[Stored data]
-.-.-
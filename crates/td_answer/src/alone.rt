//! An output alone, where it settles at some levels.

ghost use Rattle.std.specs.Prelude.{◌≡◌, ◌<◌, ◌∷◌, true, length, slice_get, Some, IfOk, IfErr};
ghost use Rattle.td_nets.specs.Netlist.{Name as Named, Named as NamedNet};
ghost use Rattle.td_circuit.specs.Numbering.{setting, nets};
ghost use Rattle.td_certificate.specs.Accepts.{are_fit};
ghost use Rattle.td_refutation.specs.Asking.{net_at};
ghost use Rattle.td_question.specs.Found.{AreInOrder};
ghost use Rattle.td_question.specs.Keeping.{count_nets};
ghost use Rattle.td_answer.specs.Columns.{IsOnlyOutput, where_settles, pairs_of, IsTrueAnswer};
ghost use Rattle.td_answer.specs.Findings.{kept_found};
ghost use Rattle.td_answer.specs.Outlooks.{IsTrueOutlook};
ghost use Rattle.td_answer.specs.Tables.{IsUnanswered};

use crate::outlook::Outlook;
use crate::refusal::Refusal;
use std::alloc::{AllocError, Global};
use std::sync::Wait;
use std::thread::Threads;
use td_circuit::{Circuit, Net};
use td_domain::Admit;
use td_lines::Found;
use td_pool::Limits;
use td_question::in_order;
use td_refutation::NamedCondition;
use td_request::Search;
use td_search::Cause;
use td_spans::Form;
use td_worst::{KeptAnswer, KeptQuestion};

/// Which pairs are asked about, the admitted ones and what they keep, by which words, and within
/// which limits they are searched.
#[derive(Clone, Copy)]
pub(crate) struct Inquiry<'a, 'w> {
    pub(crate) admit: &'a Admit,
    pub(crate) keep: &'a [NamedCondition],
    pub(crate) search: &'a Search<'w>,
    pub(crate) limits: Limits<'a>,
}

/// A circuit that is asked about one output alone, the number by which conditions name that
/// output's net, what is known of it, and what is asked.
#[derive(Clone, Copy)]
pub(crate) struct Alone<'a, 'w> {
    pub(crate) circuit: &'a Circuit,
    pub(crate) net: u64,
    pub(crate) outlook: Outlook<'a>,
    pub(crate) inquiry: Inquiry<'a, 'w>,
}

/// How the output is to settle. Where a moment is required, it is enough to know whether a pair is
/// later.
#[derive(Clone, Copy)]
pub(crate) struct Settled {
    pub(crate) form: Form,
    pub(crate) required: Option<u64>,
}

/// The number by which conditions name a net that has a name.
fn number_of(circuit: &Circuit, net: Net) -> u64
    requires constant { 1 < net }
    requires net { net < length (nets circuit.now) }
    ensures { (name : Named) → slice_get (nets circuit.now) net ≡ Some (NamedNet name) → net_at circuit.now.netlist result ≡ Some (NamedNet name) }
{
    // For the prover: this call says that the numbers are right.
    let _gates = circuit.gates();
    let first = circuit.first_gate();
    if net < first {
        return u64::from(net);
    }
    let outputs = circuit.gate_outputs();
    for place in 0..outputs.len() {
        if outputs[place] == net {
            return u64::from(first) + place as u64;
        }
    }
    // Each net that is no constant's and no input's is a gate's.
    unreachable!()
}

/// The number by which conditions name the output that a circuit is asked about alone.
pub(crate) fn output_number(circuit: &Circuit) -> u64
    requires { length circuit.now.netlist.outputs ≡ 1 }
    ensures { IsOnlyOutput circuit.now.netlist result }
{
    // For the prover: this call says that the numbers are right.
    let _gates = circuit.gates();
    number_of(circuit, circuit.outputs()[0])
}

/// Conditions and one more, in the order of a certificate.
fn keep_with(
    alloc: Global,
    keep: &[NamedCondition],
    condition: NamedCondition,
) -> Result<Vec<NamedCondition>, AllocError>
    ensures { IfOk result (λ all. AreInOrder (condition ∷ keep.now) all.items) }
{
    let mut all = Vec::new(alloc);
    all.push(condition)?;
    all.extend_from_slice(keep)?;
    in_order(alloc, all)
}

/// What the search answers of the pairs under which the output settles so.
fn searched_where<'n, 'w, R: Threads + Wait + Sync>(
    rt: &R,
    alloc: Global,
    alone: Alone<'_, 'w>,
    settled: Settled,
) -> Result<KeptAnswer, Refusal<'n, 'w>>
    requires held { length alone.inquiry.admit.now.held ≡ length alone.circuit.now.netlist.inputs }
    requires fit { are_fit (count_nets alone.circuit.now.netlist) alone.inquiry.keep.now ≡ true }
    requires output { IsOnlyOutput alone.circuit.now.netlist alone.net }
    ensures answer { IfOk result (IsTrueAnswer (setting alone.entry.circuit.now)
        (where_settles (pairs_of alone.entry.inquiry) alone.entry.net settled.form)) }
    ensures refusal { IfErr result (IsUnanswered alone.entry.inquiry.admit.now) }
{
    let Alone {
        circuit,
        net,
        inquiry,
        ..
    } = alone;
    let Settled { form, required } = settled;
    let keep = keep_with(alloc, inquiry.keep, NamedCondition { net, form })?;
    let question = KeptQuestion {
        circuit,
        admit: inquiry.admit,
        keep: &keep,
        required,
    };
    let found = td_worst::worst_kept(rt, alloc, question, inquiry.limits)?;
    Ok(found.answer)
}

/// What is known of the pairs under which the output settles so: what the search answers, or the
/// bound by edges once the stop is set.
pub(crate) fn answer_where<'n, 'w, R: Threads + Wait + Sync>(
    rt: &R,
    alloc: Global,
    alone: Alone<'_, 'w>,
    settled: Settled,
) -> Result<KeptAnswer, Refusal<'n, 'w>>
    requires held { length alone.inquiry.admit.now.held ≡ length alone.circuit.now.netlist.inputs }
    requires fit { are_fit (count_nets alone.circuit.now.netlist) alone.inquiry.keep.now ≡ true }
    requires output { IsOnlyOutput alone.circuit.now.netlist alone.net }
    requires outlook { IsTrueOutlook (setting alone.circuit.now) alone.inquiry.admit.now alone.outlook }
    ensures answer { IfOk result (IsTrueAnswer (setting alone.entry.circuit.now)
        (where_settles (pairs_of alone.entry.inquiry) alone.entry.net settled.form)) }
    ensures refusal { IfErr result (IsUnanswered alone.entry.inquiry.admit.now) }
{
    if let Some(high) = alone.outlook.at_the_end(alone.inquiry.limits.stop) {
        let cause = Cause::Time;
        return Ok(KeptAnswer::Open { high, cause });
    }
    searched_where(rt, alloc, alone, settled)
}

/// What an answer says of the worst delay of the pairs that keep conditions.
pub(crate) fn kept_found(answer: &KeptAnswer) -> Found
    ensures { result ≡ kept_found answer.now }
{
    match answer {
        KeptAnswer::Exact { best, .. } => Found::Exact(best.time),
        KeptAnswer::Between { best, high, .. } => Found::Between {
            low: best.time,
            high: *high,
        },
        KeptAnswer::Open { high, .. } => Found::AtMost(*high),
        KeptAnswer::NoPair { .. } => Found::NoPair,
    }
}
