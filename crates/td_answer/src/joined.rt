//! What a report says of certificates that are joined.

ghost use Rattle.std.specs.Prelude.{◌≡◌, ◌++◌, length, None, Some, IfOk, OnOk};
ghost use Rattle.td_answer.specs.Lines.{time_line, open_line, whole_line, none_line, whole_lines, standing_lines, ending_of_moments, ending_of_whole};
ghost use Rattle.td_answer.specs.Joins.{joined_lines};

use crate::answers::vector_of;
use crate::claims::push_question;
use crate::head::begun;
use crate::requirement::{ending_by, push_required};
use crate::status::Status;
use std::alloc::{AllocError, Global};
use td_certificate::{Certificate, Claim, Tree};
use td_circuit::Circuit;
use td_lines::{Line, Report};

/// The line of the time of a whole whose parts were checked, or weren't.
fn time_line(is_checked: bool, time: u64) -> Line
    ensures { result ≡ time_line is_checked time }
{
    if is_checked {
        return Line::Exact(time);
    }
    Line::Unchecked(time)
}

/// The line of the two moments of a whole that leaves the worst delay open.
fn open_line(is_checked: bool, low: u64, high: u64) -> Line
    ensures { result ≡ open_line is_checked low high }
{
    if is_checked {
        return Line::Between { low, high };
    }
    Line::UncheckedBetween { time: low, high }
}

/// The line of the moments that are claimed.
fn whole_line(is_checked: bool, time: u64, high: u64) -> Line
    ensures { result ≡ whole_line is_checked time high }
{
    if time == high {
        return time_line(is_checked, time);
    }
    open_line(is_checked, time, high)
}

/// The line that no pair is admitted.
fn none_line(is_checked: bool) -> Line
    ensures { result ≡ none_line is_checked }
{
    if is_checked {
        return Line::NoPair;
    }
    Line::UncheckedNone
}

/// Appends that no pair is admitted.
pub(crate) fn push_none(
    report: &mut Report,
    is_checked: bool,
    tree: &Tree,
) -> Result<(), AllocError>
    ensures { OnOk result (report.new ≡ report.old ++ whole_lines is_checked None (length tree.now)) }
{
    let nodes = tree.nodes();
    report.add(none_line(is_checked))?;
    report.add(Line::Nodes(nodes.len() as u64))
}

/// Appends the moments and the pair that are claimed.
fn push_claim(
    alloc: Global,
    report: &mut Report,
    is_checked: bool,
    claim: &Claim,
    tree: &Tree,
) -> Result<(), AllocError>
    ensures { OnOk result (report.new ≡ report.old ++ whole_lines is_checked (Some claim.now) (length tree.now)) }
{
    let first = vector_of(alloc, claim.pair.first())?;
    let second = vector_of(alloc, claim.pair.second())?;
    let nodes = tree.nodes();
    let nodes = nodes.len() as u64;
    report.four(
        whole_line(is_checked, claim.time, claim.high),
        Line::From(first),
        Line::To(second),
        Line::Nodes(nodes),
    )
}

/// Appends what a whole claims, and the number of its nodes.
fn push_whole(
    alloc: Global,
    report: &mut Report,
    is_checked: bool,
    claim: &Option<Claim>,
    tree: &Tree,
) -> Result<(), AllocError>
    ensures { OnOk result (report.new ≡ report.old ++ whole_lines is_checked claim.now (length tree.now)) }
{
    match claim {
        None => push_none(report, is_checked, tree),
        Some(claim) => push_claim(alloc, report, is_checked, claim, tree),
    }
}

/// Appends how a required moment stands by what a whole claims.
fn push_standing(
    report: &mut Report,
    required: Option<u64>,
    claim: &Option<Claim>,
) -> Result<(), AllocError>
    ensures { OnOk result (report.new ≡ report.old ++ standing_lines required claim.now) }
{
    match claim {
        None => Ok(()),
        Some(claim) => push_required(report, required, claim.time, claim.high),
    }
}

/// How a joining ends where no moment is required.
fn ending_of_moments(time: u64, high: u64) -> Status
    ensures { result ≡ ending_of_moments time high }
{
    if time == high {
        return Status::Done;
    }
    Status::Between
}

/// How a joining ends whose whole claims this.
pub(crate) fn ending_of_whole(required: Option<u64>, claim: &Option<Claim>) -> Status
    ensures { result ≡ ending_of_whole required claim.now }
{
    match claim {
        None => Status::Done,
        Some(claim) => {
            let plain = ending_of_moments(claim.time, claim.high);
            ending_by(required, plain, claim.time, claim.high)
        }
    }
}

/// The report of a whole, whose parts were checked or weren't: what it claims, how a required
/// moment stands, and what it is about.
pub(crate) fn joined(
    alloc: Global,
    circuit: &Circuit,
    is_checked: bool,
    required: Option<u64>,
    whole: &Certificate,
) -> Result<Report, AllocError>
    ensures { IfOk result (λ report. report ≡ joined_lines circuit.now.netlist is_checked required whole.now) }
{
    let mut report = begun(alloc, circuit)?;
    push_whole(alloc, &mut report, is_checked, &whole.claim, &whole.tree)?;
    push_standing(&mut report, required, &whole.claim)?;
    push_question(alloc, &mut report, whole.version(), &whole.question)?;
    Ok(report)
}
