//! How a search ended, and what a report says of that.

ghost use Rattle.std.specs.Prelude.{◌≡◌, ◌++◌, OnOk};
ghost use Rattle.td_answer.specs.Ends.{has_used_up, cause_of, work_lines};

use std::alloc::AllocError;
use td_lines::{Cause, Line, Report};
use td_request::Search;

/// What a search was asked, whether somebody asked for its end, and how many units of work its
/// searches by spans took.
#[derive(Clone, Copy)]
pub(crate) struct Ended<'a, 'w> {
    pub search: &'a Search<'w>,
    pub was_asked: bool,
    pub work: u64,
}

impl<'a, 'w> Ended<'a, 'w> {
    ghost use Rattle.std.specs.Prelude.{◌≡◌, ◌++◌, OnOk};
    ghost use Rattle.td_answer.specs.Ends.{has_used_up, cause_of, work_lines};

    /// Whether this many nodes and the units of work reach the budget together.
    fn has_used_up(self, nodes: u64) -> bool
        ensures { result ≡ has_used_up self.entry nodes }
    {
        u64::from(self.search.effort.budget).saturating_sub(nodes) <= self.work
    }

    /// Why the search ended, which handled so many nodes: for its budget only where that was used
    /// up; else it had nothing more to try. Where its stop was set, this tells whether somebody
    /// asked for that.
    pub fn cause(self, cause: td_search::Cause, nodes: u64) -> Cause
        ensures { result ≡ cause_of self.entry nodes cause }
    {
        match cause {
            td_search::Cause::Budget => {
                if self.has_used_up(nodes) {
                    Cause::Budget
                } else {
                    Cause::Effort
                }
            }
            td_search::Cause::Memory => Cause::Memory,
            td_search::Cause::Time => {
                if self.was_asked {
                    Cause::Stop
                } else {
                    Cause::Time
                }
            }
        }
    }

    /// Appends how many units of work the search took, where it is asked for.
    pub fn push_work(self, report: &mut Report) -> Result<(), AllocError>
        ensures { OnOk result (report.new ≡ report.old ++ work_lines self.entry) }
    {
        if self.search.shown.work {
            report.add(Line::Units(self.work))
        } else {
            Ok(())
        }
    }
}
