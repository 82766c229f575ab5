//! Whether parts are of the question that is asked.

ghost use Rattle.std.specs.Prelude.{◌≡◌, ◌↔◌, IsTrue, IfNone, IfSome};
ghost use Rattle.td_answer.specs.Differences.{AsksSame, DiffersIn};

use td_certificate::Question;
use td_question::Asked;
use td_refutation::NamedCondition;

/// In what parts are of another question than the one that is asked, but for pins.
#[derive(Clone, Copy, Debug, PartialEq, Eq, Drop)]
pub enum Difference {
    /// Other inputs are held.
    Hold,
    /// The bits of another number of inputs may differ.
    Flips,
    /// Inputs change at other moments.
    Moments,
    /// Pairs keep other conditions.
    Conditions,
}

/// Whether the same inputs are held.
fn hold_same(this: &[bool], that: &[bool]) -> bool
    ensures { IsTrue result ↔ (this.now ≡ that.now) }
{
    this == that
}

/// Whether these are the same conditions.
fn keep_same(this: &[NamedCondition], that: &[NamedCondition]) -> bool
    ensures { IsTrue result ↔ (this.now ≡ that.now) }
{
    this == that
}

/// In what a question differs from the one that is asked, if it does, but for pins.
pub(crate) fn differing(asked: &Asked, question: &Question) -> Option<Difference>
    ensures same { IfNone result (AsksSame asked.now.circuit.moments (record { admit = asked.now.admit; keep = asked.now.keep.items }) question.now) }
    ensures differs { IfSome result (DiffersIn asked.now.circuit.moments (record { admit = asked.now.admit; keep = asked.now.keep.items }) question.now) }
{
    let Asked {
        circuit,
        admit,
        keep,
        ..
    } = asked;
    let found = question.admit();
    if !hold_same(found.held(), admit.held()) {
        return Some(Difference::Hold);
    }
    if found.flips() != admit.flips() {
        return Some(Difference::Flips);
    }
    if question.moments() != circuit.moments() {
        return Some(Difference::Moments);
    }
    if !keep_same(question.keep(), keep) {
        return Some(Difference::Conditions);
    }
    None
}
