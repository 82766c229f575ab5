//! Why a request has no outcome.

ghost use Rattle.std.specs.Prelude.{◌≡◌};
ghost use Rattle.td_answer.specs.Statuses.{source_status, question_status, search_status, check_status, status_of};
ghost use Rattle.td_answer.specs.declared.refusal.Refusal.TheVariants as refusal;

use crate::difference::Difference;
use crate::status::Status;
use std::alloc::{AllocError, AllocFailed};
use td_certificate::CertFault;
use td_checker::{CheckFault, Verdict};
use td_join::JoinFault;
use td_question::QuestionFault;
use td_search::SearchFault;
use td_source::SourceFault;

/// Why a request has no outcome. What is borrowed from the netlist's text lives as long as `'n`,
/// and words of the request, as names of files, as long as `'w`.
#[derive(Drop)]
pub enum Refusal<'n, 'w> {
    OutOfMemory,
    /// The text of the file with this name isn't there: it can't be read.
    Unread(&'w str),
    /// The netlist's text gives no circuit, or the words give no question about it.
    Question(QuestionFault<'n, 'w>),
    /// No output has this name, whose path is asked for.
    NoOutput(&'w str),
    /// The search has no answer.
    Search(SearchFault),
    /// The certificate has no verdict.
    Check(CheckFault<'n>),
    /// The text of this file, of a part, is refused.
    BadPart(&'w str, CertFault),
    /// The certificate in this file, of a part, isn't accepted.
    Unaccepted(&'w str, Verdict),
    /// The certificate in this file, of a part, is of another circuit.
    OtherCircuit(&'w str),
    /// The parts aren't joined. The fault names their files.
    NotJoined(JoinFault<&'w str>),
    /// The parts are of another question than the one that is asked.
    OtherQuestion(Difference),
    /// What the parts are joined into has more than 10,000,000 nodes.
    TooLong,
    /// The run, or the check, was to end before it was done.
    OutOfTime,
}

impl<'n, 'w> From<AllocError> for Refusal<'n, 'w> {
    ghost from_gives = { λ _ r. r ≡ refusal.OutOfMemory };

    fn from(_error: AllocError) -> Self {
        Refusal::OutOfMemory
    }
}

impl<'n, 'w, T: Drop> From<AllocFailed<T>> for Refusal<'n, 'w> {
    ghost from_gives = { λ _ r. r ≡ refusal.OutOfMemory };

    fn from(_failed: AllocFailed<T>) -> Self {
        Refusal::OutOfMemory
    }
}

impl<'n, 'w> From<QuestionFault<'n, 'w>> for Refusal<'n, 'w> {
    ghost from_gives = { λ fault r. r ≡ refusal.Question fault };

    fn from(fault: QuestionFault<'n, 'w>) -> Self {
        Refusal::Question(fault)
    }
}

impl<'n, 'w> From<SearchFault> for Refusal<'n, 'w> {
    ghost from_gives = { λ fault r. r ≡ refusal.Search fault };

    fn from(fault: SearchFault) -> Self {
        Refusal::Search(fault)
    }
}

impl<'n, 'w> From<CheckFault<'n>> for Refusal<'n, 'w> {
    ghost from_gives = { λ fault r. r ≡ refusal.Check fault };

    fn from(fault: CheckFault<'n>) -> Self {
        Refusal::Check(fault)
    }
}

fn source_status(fault: &SourceFault<'_>) -> Status
    ensures { result ≡ source_status fault.now }
{
    match fault {
        SourceFault::OutOfMemory => Status::Device,
        SourceFault::Netlist(_) => Status::Refused,
        SourceFault::NoOutput => Status::BadCommand,
        SourceFault::Loop(_) => Status::Refused,
    }
}

fn question_status(fault: &QuestionFault<'_, '_>) -> Status
    ensures { result ≡ question_status fault.now }
{
    match fault {
        QuestionFault::OutOfMemory => Status::Device,
        QuestionFault::Source(fault) => source_status(fault),
        QuestionFault::BadName(..) => Status::BadCommand,
        QuestionFault::BadVector(_) => Status::BadCommand,
        QuestionFault::BadKeep(_) => Status::BadCommand,
        QuestionFault::NoNet(_) => Status::BadCommand,
        QuestionFault::LongKeepFile => Status::Refused,
    }
}

fn search_status(fault: SearchFault) -> Status
    ensures { result ≡ search_status fault }
{
    match fault {
        SearchFault::OutOfMemory => Status::Device,
        SearchFault::NoPair => Status::Refused,
    }
}

fn check_status(fault: &CheckFault<'_>) -> Status
    ensures { result ≡ check_status fault.now }
{
    match fault {
        CheckFault::OutOfMemory => Status::Device,
        CheckFault::Netlist(_) => Status::Refused,
        CheckFault::NoOutput => Status::BadCommand,
        CheckFault::Loop(_) => Status::Refused,
        CheckFault::Certificate(_) => Status::Refused,
    }
}

impl<'n, 'w> Refusal<'n, 'w> {
    /// How the request ends.
    pub fn status(&self) -> Status
        ensures { result ≡ status_of self.now }
    {
        match self {
            Refusal::OutOfMemory => Status::Device,
            Refusal::Unread(_) => Status::Device,
            Refusal::Question(fault) => question_status(fault),
            Refusal::NoOutput(_) => Status::BadCommand,
            Refusal::Search(fault) => search_status(*fault),
            Refusal::Check(fault) => check_status(fault),
            Refusal::BadPart(..) => Status::Refused,
            Refusal::Unaccepted(..) => Status::Rejected,
            Refusal::OtherCircuit(_) => Status::Rejected,
            Refusal::NotJoined(_) => Status::Rejected,
            Refusal::OtherQuestion(_) => Status::Rejected,
            Refusal::TooLong => Status::Rejected,
            Refusal::OutOfTime => Status::Between,
        }
    }
}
-.-.-
■ TASK TO CARRY OUT
Bring together all lines of the entries above in which the string "Device" occurs.

■ SOLUTION TO THIS EXERCISE
        SourceFault::OutOfMemory => Status::Device,
        QuestionFault::OutOfMemory => Status::Device,
        SearchFault::OutOfMemory => Status::Device,
        CheckFault::OutOfMemory => Status::Device,
            Refusal::OutOfMemory => Status::Device,
            Refusal::Unread(_) => Status::Device,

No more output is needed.